:: ABOUT THIS TASK ::
Below are records; how many of their lines contain "proxy"? Give the number and no other words.

Collected data:
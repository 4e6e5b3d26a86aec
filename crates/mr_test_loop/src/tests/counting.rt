//! What a loop counts.
use super::playing::Step::{self, *};
use super::playing::{Run, play};
use super::{WIDE, is, number_is};
use mr_loop::{LinkCounts, LinkEnd, Pause};
use std::process::Abort;

/// A get of two keys before the start, one of which is found; a delete of both pools; a set whose node fails, and one that
/// is given up since its link breaks; a get that has no link; one that is under way.
static ALL_KINDS: [Step; 14] = [
    Sends(0, b"get k b\r\n", Pause::NeedsBytes),
    At(100),
    Says(1, b"VALUE k 0 1\r\nx\r\nEND\r\n", LinkEnd::Whole),
    At(101),
    Says(0, b"END\r\n", LinkEnd::Whole),
    Reads(1000),
    Sends(
        0,
        b"delete k\r\nset b 0 0 1\r\nx\r\nset k 0 0 1\r\nx\r\n",
        Pause::NeedsBytes,
    ),
    At(201),
    Says(1, b"DELETED\r\n", LinkEnd::Whole),
    Says(4, b"DELETED\r\n", LinkEnd::Whole),
    Says(0, b"SERVER_ERROR out of memory\r\n", LinkEnd::Whole),
    At(301),
    Breaks(1),
    Sends(0, b"get a\r\nget b\r\n", Pause::NeedsBytes),
];

/// Asserts what came of a link's legs and connections.
fn link_is(rt: &impl Abort, step: usize, counts: LinkCounts, wanted: (u64, u64, u64, u64, u64)) {
    let found = (
        counts.dials,
        counts.breaks,
        counts.carried,
        counts.lost,
        counts.times.micros,
    );
    is(rt, step, found, wanted);
}

fn links_are(rt: &impl Abort, run: &Run) {
    if run.proxy.links() < 5 {
        rt.panic("too few links");
    }
    link_is(rt, 20, run.proxy.link_counts(0), (1, 0, 2, 0, 201));
    link_is(rt, 21, run.proxy.link_counts(1), (1, 1, 2, 2, 400));
    link_is(rt, 22, run.proxy.link_counts(2), (1, 0, 0, 0, 0));
    link_is(rt, 23, run.proxy.link_counts(4), (1, 0, 1, 0, 100));
    let times = run.proxy.link_counts(1).times.counts;
    number_is(rt, 24, times[0], 2);
    number_is(rt, 25, times[1], 1);
}

fn answers_are(rt: &impl Abort, run: &Run) {
    let counts = run.proxy.counts();
    let answers = counts.answers;
    is(rt, 30, (answers.hits, answers.misses), (1, 1));
    is(
        rt,
        31,
        (answers.stored, answers.deleted, answers.not_found),
        (0, 1, 0),
    );
    is(
        rt,
        32,
        (answers.leg_lost, answers.busy, answers.out_of_memory),
        (2, 0, 1),
    );
    is(rt, 33, (answers.clock_fault, answers.other_fault), (0, 0));
    is(
        rt,
        34,
        (counts.under_way, counts.last_issue),
        (1, Some(1000)),
    );
}

fn requests_are(rt: &impl Abort, run: &Run) {
    let requests = run.proxy.counts().requests;
    is(
        rt,
        40,
        (requests.gets.old_only, requests.gets.both_read_old),
        (1, 1),
    );
    is(
        rt,
        41,
        (requests.sets.old_only, requests.sets.both_read_old),
        (0, 2),
    );
    is(
        rt,
        42,
        (requests.deletes.old_only, requests.deletes.both_read_old),
        (0, 1),
    );
}

#[test]
fn what_happened_is_counted(rt: HostRuntime) {
    let run = play(&rt, rt.alloc(), 8, WIDE, &ALL_KINDS);
    links_are(&rt, &run);
    answers_are(&rt, &run);
    requests_are(&rt, &run);
}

:: RESULT BELOW ::
8